Do you people who think dropping the bomb was the right thing to do realize that Japan was basically already willing to surrender before Hiroshima, and certainly before Nagasaki? A lot of historians these days seem to prescribe to the notion that the US rushed in with the bomb to stop the Soviets from having any say in the surrender and occupation of Japan, which isn't exactly a good justification for killing over 200,000 innocent civilians.

What evidence was there of an immenent surrender? Even as Hirohito was to signal a surrender there was a failed attempt of a coupe by Japanese generals to stop the surrender and continue fighting. Okinawa and Iwo Jima showed just how far the military was willing to go in the face of imminent defeat. 200k is an enourous number but put that in comparison to figure of 1000000 + on the allied side alone and you have a tough choice but one that is lesser of two evils. Also if you look at photos of the aftermath of Hiroshima/ Nagasaki and. Compare it to any other allied target city and the difference would be minimal. The main difference was the A-bomb was in 1 strike. It was the factor of the end of the war and ensured the end of the conflict. Looking back in hindsight maybe the Japanese would have surrendered without it, but the choice of the A-bomb was the best at the time.
 
Source? As far as I knew one of the main reasons the bombs were dropped was because Japan was unwilling to surrender under any circumstances.

I am mainly speaking from what I learned at University, but I think this Wikipedia article does a decent job of providing a broader picture of the events leading up to the bombs being dropped.

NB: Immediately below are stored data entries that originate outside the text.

impl<'r, R: Read> Segment<'r, R, Text> {
    ghost use Rattle.std.specs.Io.KnownBytes.{Consumes};
    ghost use Rattle.ciborium_ll_decoder.specs.Decoding.{MovesOn, ReadsBytes};
    ghost use Rattle.ciborium_ll_decoder.specs.Chunks.{FillsBehind, SegmentPull, KeepsSegment, SegmentPullAnswer, left_of, rest};
    ghost use Rattle.ciborium_ll_decoder.specs.Chunks.{segment_decoder, segment_reference};

    /// Reads the next bytes of the body, as many as there are and the buffer holds, and hands out their longest front
    /// that is text.
    ///
    /// `None` means that the whole body was handed out. A buffer of fewer than four bytes may give an empty chunk while
    /// bytes are left.
    ///
    /// # Errors
    ///
    /// `Io` and `TooLong` leave the segment as it was.
    ///
    /// - `Syntax`, with the segment's place, which stays: more than three bytes stand after the front, or some do at
    ///   the body's end. A chunk may come first.
    /// - `Io`: the reader failed.
    /// - `TooLong`: the offset would pass `usize::MAX`.
    pub fn pull<'a>(&mut self, buffer: &'a mut [u8]) -> Result<Option<&'a str>, Error<R::Error>>
        ensures { SegmentPull R.Read (length buffer.old) self.old result self.new }
    {
        match self.pull_front(buffer)? {
            Some(front) => Ok(Some(text_of(front))),
            None => Ok(None),
        }
    }

    /// Does what `pull` does, and hands out bytes. The state has read them as text already. So a caller that needs no
    /// `&str` is spared the second reading, which makes one.
    pub(crate) fn pull_front<'a>(
        &mut self,
        buffer: &'a mut [u8],
    ) -> Result<Option<&'a [u8]>, Error<R::Error>>
        ensures chunk { SegmentPullAnswer R.Read (length buffer.old) self.old result self.new }
        ensures left { IfOk result (λ chunk. IfSome chunk (λ c. length c.now + left_of self.new ≡ left_of self.old)) }
        ensures rest { IfOk result (λ chunk. IfSome chunk
            (λ c. Consumes (rest R.Read self.old) (rest R.Read self.new) c.now)) }
        ensures same_reference { segment_reference self.new ≡ segment_reference self.old }
        ensures moves_on { MovesOn R.Read (segment_decoder self.old) (segment_decoder self.new) }
    {
        if self.damaged {
            return Err(Error::Syntax(self.place));
        }
        if self.unread == 0 {
            return match self.kept {
                Kept::Nothing => Ok(None),
                _ => Err(self.damage()),
            };
        }
        let kept = self.kept.len();
        let size = buffer.len().min(self.unread + kept);
        if size <= kept {
            self.read_nothing()?;
            return Ok(Some(&[]));
        }
        let filled = &mut buffer[..size];
        self.fill(filled)?;
        let (front, state) = text_front(filled, kept, self.state);
        self.unread -= size - kept;
        match Kept::keep(&filled[front.len()..]) {
            Some(rest) => {
                self.kept = rest;
                self.state = state;
                Ok(Some(front))
            }
            None => Err(self.damage()),
        }
    }

    /// Reads no bytes, if none fit after the kept bytes. It is a call of the reader all the same.
    fn read_nothing(&mut self) -> Result<(), Error<R::Error>>
        ensures read { ReadsBytes R.Read (segment_decoder self.old) result [] (segment_decoder self.new) }
        ensures same_reference { segment_reference self.new ≡ segment_reference self.old }
        ensures same { KeepsSegment self.old self.new }
        ensures moves_on { MovesOn R.Read (segment_decoder self.old) (segment_decoder self.new) }
    {
        self.decoder.read(&mut [])
    }

    /// Writes the kept bytes to the beginning of a slice, and reads bytes into the rest of it.
    fn fill(&mut self, filled: &mut [u8]) -> Result<(), Error<R::Error>>
        requires { length (kept_bytes self.old.kept) ≤ length filled.old }
        ensures filled { FillsBehind R.Read (kept_bytes self.old.kept) (segment_decoder self.old) result filled.new
            (segment_decoder self.new) }
        ensures same_reference { segment_reference self.new ≡ segment_reference self.old }
        ensures same { KeepsSegment self.old self.new }
        ensures moves_on { MovesOn R.Read (segment_decoder self.old) (segment_decoder self.new) }
    {
        let kept = self.kept.len();
        self.kept.put(filled);
        self.decoder.read(&mut filled[kept..])
    }

    /// Marks the body as no text: the segment gives up the kept bytes, and the error stays.
    fn damage(&mut self) -> Error<R::Error>
        ensures error { result ≡ Error.Syntax self.old.place }
        ensures kept { kept_bytes self.new.kept ≡ [] }
        ensures damaged { self.new.damaged ≡ true }
        ensures same_reference { segment_reference self.new ≡ segment_reference self.old }
        ensures same { segment_decoder self.new ≡ segment_decoder self.old }
        ensures unread { self.new.unread ≡ self.old.unread }
        ensures place { self.new.place ≡ self.old.place }
    {
        self.kept = Kept::Nothing;
        self.state = State::Between;
        self.damaged = true;
        Error::Syntax(self.place)
    }
}
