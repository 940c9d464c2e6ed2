// SPDX-License-Identifier: Apache-2.0
//! The library for C and C++: a static library with the header `bindings/c/include/ciborium_ll.h`. Each export is the
//! call of the same name of `capi`.
//!
//! No call takes memory, or calls anything outside of this library except memcpy, memmove and memset. C passes a slice
//! as a pointer and a length.
//!
//! Each call answers with the code of a [`CllAnswer`], and most calls fill in a [`CllReport`]. `cll_pull` gives one
//! number of bytes instead.
//!
//! A tag, an array and a map take one level of a `depth`, an empty one too. A string takes none.
//!
//! How many bytes are due after a `Short` is the rest of the title or body that is cut, all bytes of a body that is
//! about to begin, or 1 before a title. All bytes that complete the input are at least that many. At 0 no bytes
//! complete it, and at any other number some do.
//!
//! The place of a `Syntax` is the offset of a title. For a text that is not UTF-8, in a string that no open begins, it
//! is the end of the title less the length of the shortest title. This may lie inside the title.
#![tactic(auto)]

ghost use Rattle.std.specs.Prelude.{◌≡◌, ◌≢◌, ◌↔◌, ◌≤◌, ◌<◌, ◌⊎◌, List, ◌++◌, drop, length, Bool, true, false, ℕ};
ghost use Rattle.ciborium_ll.specs.Types.Spelling.{Spelling};
ghost use Rattle.ciborium_ll.specs.Types.Spelling.TheVariants.{Any, Shortest};
ghost use Rattle.cbor_deterministic.specs.declared.Order.{Order as AnyOrder};
ghost use Rattle.cbor_deterministic.specs.declared.Why.{Why as AnyWhy};
ghost use Rattle.cbor_deterministic.specs.Deterministic.{HasDeterministic};
ghost use Rattle.cbor_deterministic.specs.Refusals.{HasRefusal};
ghost use Rattle.ciborium_ll.specs.Faults.{BeginsWithElements};
ghost use Rattle.ciborium_ll.specs.RecodingTold.{HasRoom};
ghost use Rattle.ciborium_ll_text.specs.Text.{IsCharacters};
ghost use Rattle.cbor_skip.specs.ItemFaults.{BeginsWithItem};
ghost use Rattle.cbor_view.specs.Segments.{SpellsText};
ghost use Rattle.cbor_view.specs.Views.{IsBytesOf, IsTextOf};
ghost use Rattle.capi.specs.declared.answer.CllAnswer.{CllAnswer};
ghost use Rattle.capi.specs.declared.answer.CllAnswer.TheVariants as a;
ghost use Rattle.capi.specs.declared.titles.CllTitle.{CllTitle as AnyTitle};
ghost use Rattle.capi.specs.Answers.{IsCode, Reports, code, version_code};
ghost use Rattle.capi.specs.Checking.{Checks};
ghost use Rattle.capi.specs.Copying.{CopiesInto, CopiesAnyhow};
ghost use Rattle.capi.specs.Counting.{CountsElements, CountsStrictly};
ghost use Rattle.capi.specs.Determining.{Determines, IsNoOrder, named_place, order_code, why_answer};
ghost use Rattle.capi.specs.Feeding.{EndsFed, Feeds, IsKept, IsNoChecker, IsSetUp, TakesWithin};
ghost use Rattle.capi.specs.ItemPieces.{EndsItem, FeedsItem, IsItemCopyKept, IsItemSetUp};
ghost use Rattle.capi.specs.ItemPieces.{IsNoItemCopier};
ghost use Rattle.capi.specs.Lacking.{ElementsLack, ItemLacks};
ghost use Rattle.capi.specs.Pieces.{EndsCopied, FeedsCopied, IsCopierOf, IsCopyKept, IsNoCopier, StaysWithin};
ghost use Rattle.capi.specs.Pulling.{CllPull, BeginsWithTitle};
ghost use Rattle.capi.specs.Pushing.{CllPush};
ghost use Rattle.capi.specs.Rewriting.{Rewrites};
ghost use Rattle.capi.specs.Skipping.{Skips};
ghost use Rattle.capi.specs.Texts.{FindsText};
ghost use Rattle.capi.specs.Titles.{FillsTitles, Gives, HasTitles, StopsTitles};
ghost use Rattle.capi.specs.Viewing.{Finds, GivesBody, IsInteger, ListsItems, StepsOn, TellsHeader, Views};
ghost use Rattle.capi.specs.Widths.{PushesWide};
ghost use Rattle.ciborium_ll.specs.Limits.{MOST_LEVELS};

mod parser;

pub use self::parser::{cll_parser_end, cll_parser_init, cll_parser_init_strict, cll_parser_push};
pub use capi::{
    CllAnswer, CllBody, CllChecker, CllCopier, CllEvent, CllHeader, CllItem, CllItemCopier,
    CllItems, CllParser, CllReport, CllTitle, Span,
};

/// Returns the version, which is 0.1.0: 65536 times its major number, 256 times its minor one, and its patch number.
#[unsafe(no_mangle)]
pub extern "C" fn cll_version() -> u32
    ensures { result ≡ version_code 0 1 0 }
{
    capi::cll_version()
}

/// Reads the title with which the bytes begin (RFC 7049, 2.1 to 2.3) into `header`. `consumed` is how many bytes it
/// read.
///
/// # Errors
///
/// - `Short`: the bytes end before a title or inside it.
/// - `Syntax`: no title begins with the first byte.
///
/// An error leaves `header` as it was, and consumes the first byte, if there is one.
#[unsafe(no_mangle)]
pub extern "C" fn cll_pull(bytes: &[u8], header: &mut CllHeader, consumed: &mut usize) -> u32
    ensures exactly { result ≡ code a.Ok ↔ BeginsWithTitle bytes.now }
    ensures pulled { (answer : CllAnswer) × (result ≡ code answer)
        × CllPull bytes.now answer header.old header.new consumed.new }
{
    capi::cll_pull(bytes, header, consumed)
}

/// Fills `titles` with the headers of the bytes (RFC 7049, 2.1 to 2.3) and the offsets of their titles, one after the
/// other. The body of a string of a definite length is passed over. It has to be there whole, and a text has to be
/// UTF-8. The call says nothing about how the titles nest.
///
/// `written` is how many titles were filled, and `consumed` the end of the last one with its body. The other titles are
/// as they were.
///
/// # Errors
///
/// An error comes after the titles before it were filled.
///
/// - `Short`: the bytes end inside the title or the body that comes next. The place is how many bytes are due.
/// - `Syntax`: no title begins there, or the body that comes next is a text that is not UTF-8.
#[unsafe(no_mangle)]
pub extern "C" fn cll_headers(bytes: &[u8], titles: &mut [CllTitle], report: &mut CllReport) -> u32
    ensures exactly { (taken : ℕ) (entries : List AnyTitle) → (HasTitles (length titles.old) bytes.now taken entries
        ↔ (result ≡ code a.Ok) × Gives titles.old taken entries titles.new report.new) }
    ensures stopped { (taken : ℕ) (entries : List AnyTitle) → (StopsTitles (length titles.old) bytes.now taken entries
        ↔ (result ≢ code a.Ok) × Gives titles.old taken entries titles.new report.new) }
    ensures filled { (answer : CllAnswer) × (result ≡ code answer)
        × FillsTitles bytes.now titles.old answer titles.new report.new }
{
    capi::cll_headers(bytes, titles, report)
}

/// Writes the shortest title of a header to the start of `out` (RFC 7049, 3.9), whole or not at all.
///
/// # Errors
///
/// - `Room`: the title is longer than `out`.
/// - `Argument`: `header` has no kind, or a value or form that its kind does not have.
#[unsafe(no_mangle)]
pub extern "C" fn cll_push(header: &CllHeader, out: &mut [u8], report: &mut CllReport) -> u32
    ensures { (answer : CllAnswer) × (result ≡ code answer) × CllPush header.now out.old answer out.new report.new }
{
    capi::cll_push(header, out, report)
}

/// Writes any title of a header that has `width` bytes after its first one to the start of `out` (RFC 7049, 2.1), whole
/// or not at all.
///
/// # Errors
///
/// - `Room`: the title is longer than `out`.
/// - `Argument`: as of [`cll_push`], or the header has no title of that width.
#[unsafe(no_mangle)]
pub extern "C" fn cll_push_wide(
    header: &CllHeader,
    width: u32,
    out: &mut [u8],
    report: &mut CllReport,
) -> u32
    ensures { (answer : CllAnswer) × (result ≡ code answer)
        × PushesWide header.now width out.old answer out.new report.new }
{
    capi::cll_push_wide(header, width, out, report)
}

/// Copies `count` elements into `out`, each in its shortest spelling (RFC 7049, 3.9). An element is a header that
/// begins no string, or a whole string (2.1 and 2.2). No spelling is longer than the bytes that it is read from.
///
/// # Errors
///
/// - `Short`: the bytes end before `count` elements do.
/// - `Syntax`: no title begins there, its string may not contain the title, or the body of a text is not UTF-8.
/// - `Room`: the shortest title of a header, or a chunk of a body, does not fit.
///
/// The bytes written before an error stand in `out`. With `Room` a beginning of the title or chunk may follow.
///
/// In room for the spelling, or for as many bytes as there are, an error is the first fault. Whether a text that is
/// damaged and cut off is `Short` or `Syntax` depends on the buffer.
#[unsafe(no_mangle)]
pub extern "C" fn cll_recode(
    bytes: &[u8],
    count: u64,
    out: &mut [u8],
    report: &mut CllReport,
) -> u32
    ensures exactly { HasRoom count bytes.now (length out.old)
        → (result ≡ code a.Ok ↔ BeginsWithElements Any count bytes.now) }
    ensures counted { (answer : CllAnswer) × (result ≡ code answer)
        × CountsElements count bytes.now (length out.old) answer out.new report.new }
    ensures due { result ≡ code a.Short → ElementsLack Any count bytes.now report.new.whole report.new.place }
    ensures anyhow { (answer : CllAnswer) × (result ≡ code answer)
        × CopiesAnyhow count bytes.now out.old answer out.new report.new }
    ensures copied { HasRoom count bytes.now (length out.old)
        → (answer : CllAnswer) × (result ≡ code answer) × CopiesInto count bytes.now out.old answer out.new report.new }
{
    capi::cll_recode(bytes, count, out, report)
}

There were many possible paths to peace ahead that could have avoided the use of an atomic bomb (or two).

I think one of the biggest ironies of the whole ordeal is that one of the sticking points for the Japanese and Americans seemed to be the status of the emperor after surrender, with the US unwilling to accept the Imperial family remaining as part of the terms of surrender, yet in the end the emperor remained anyway.